Input records below:
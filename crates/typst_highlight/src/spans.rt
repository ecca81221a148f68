//! The spans that nodes stand in.

ghost use Rattle.std.specs.Prelude.{◌≡◌, IfOk, None, if◌then◌else◌};
ghost use Rattle.typst_tree.specs.Tree.{forest};
ghost use Rattle.typst_highlight.specs.Html as spec;
ghost use Rattle.typst_highlight.specs.Rules.{is_name};
ghost use Rattle.typst_highlight.specs.Walk as walk;

use crate::progress::Progress;
use crate::rules::{Rule, rule_of};
use crate::tags::Tag;
use crate::walk::tag_under;
use std::alloc::AllocError;
use typst_tree::SyntaxNode;

/// The tag of the span that a node of the tag stands in: an error has none.
#[inline(always)]
pub fn spanned(tag: Option<Tag>) -> Option<Tag>
    ensures { result ≡ spec.spanned tag }
{
    match tag {
        Some(Tag::Error) => None,
        other => other,
    }
}

/// The tag of the span that the next node of a walk stands in.
#[inline(always)]
pub fn span_of(
    node: &SyntaxNode,
    later: &[SyntaxNode],
    progress: &Progress,
) -> Result<Option<Tag>, AllocError>
    ensures { IfOk result (λ span. span ≡ spec.spanned (walk.tag (walk.joined progress.now) node.now (forest later.now))) }
{
    match rule_of(node.kind()) {
        Rule::Fixed(tag) => Ok(spanned(tag)),
        _ => span_asked(node, later, progress),
    }
}

/// The tag of the span that any node stands in, apart from the common way.
#[inline(never)]
pub fn span_asked(
    node: &SyntaxNode,
    later: &[SyntaxNode],
    progress: &Progress,
) -> Result<Option<Tag>, AllocError>
    ensures { IfOk result (λ span. span ≡ spec.spanned (walk.tag (walk.joined progress.now) node.now (forest later.now))) }
{
    match tag_under(node.kind(), progress.parent(), later) {
        Some(tag) => Ok(spanned(tag)),
        None => {
            let tag = progress.tag(node, later)?;
            Ok(spanned(tag))
        }
    }
}

/// The tag of a node, and the same once more if the node is a name.
#[derive(Clone, Copy)]
pub struct NextTag {
    pub tag: Option<Tag>,
    pub name: Option<Tag>,
}

/// The tag of the next node of a walk.
#[inline(always)]
pub fn tag_next(
    node: &SyntaxNode,
    later: &[SyntaxNode],
    progress: &Progress,
) -> Result<NextTag, AllocError>
    ensures tag { IfOk result (λ next. next.tag ≡ walk.tag (walk.joined progress.now) node.now (forest later.now)) }
    ensures name { IfOk result (λ next. next.name ≡ (if is_name node.now.head.kind then walk.name (walk.joined progress.now) node.now (forest later.now) else None)) }
{
    match rule_of(node.kind()) {
        Rule::Fixed(tag) => Ok(NextTag { tag, name: None }),
        Rule::Name => {
            let tag = progress.name(node, later);
            Ok(NextTag { tag, name: tag })
        }
        _ => {
            let tag = tag_asked(node, later, progress)?;
            Ok(NextTag { tag, name: None })
        }
    }
}

/// The tag of a node that is no name. The tag of a hash is found by a call, all others in place.
#[inline(always)]
fn tag_asked(
    node: &SyntaxNode,
    later: &[SyntaxNode],
    progress: &Progress,
) -> Result<Option<Tag>, AllocError>
    ensures { IfOk result (λ tag. tag ≡ walk.tag (walk.joined progress.now) node.now (forest later.now)) }
{
    match tag_under(node.kind(), progress.parent(), later) {
        Some(tag) => Ok(tag),
        None => progress.tag(node, later),
    }
}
End of Input records.
For the material, work out how many lines hold the string "spans". Your reply must be the number alone.

2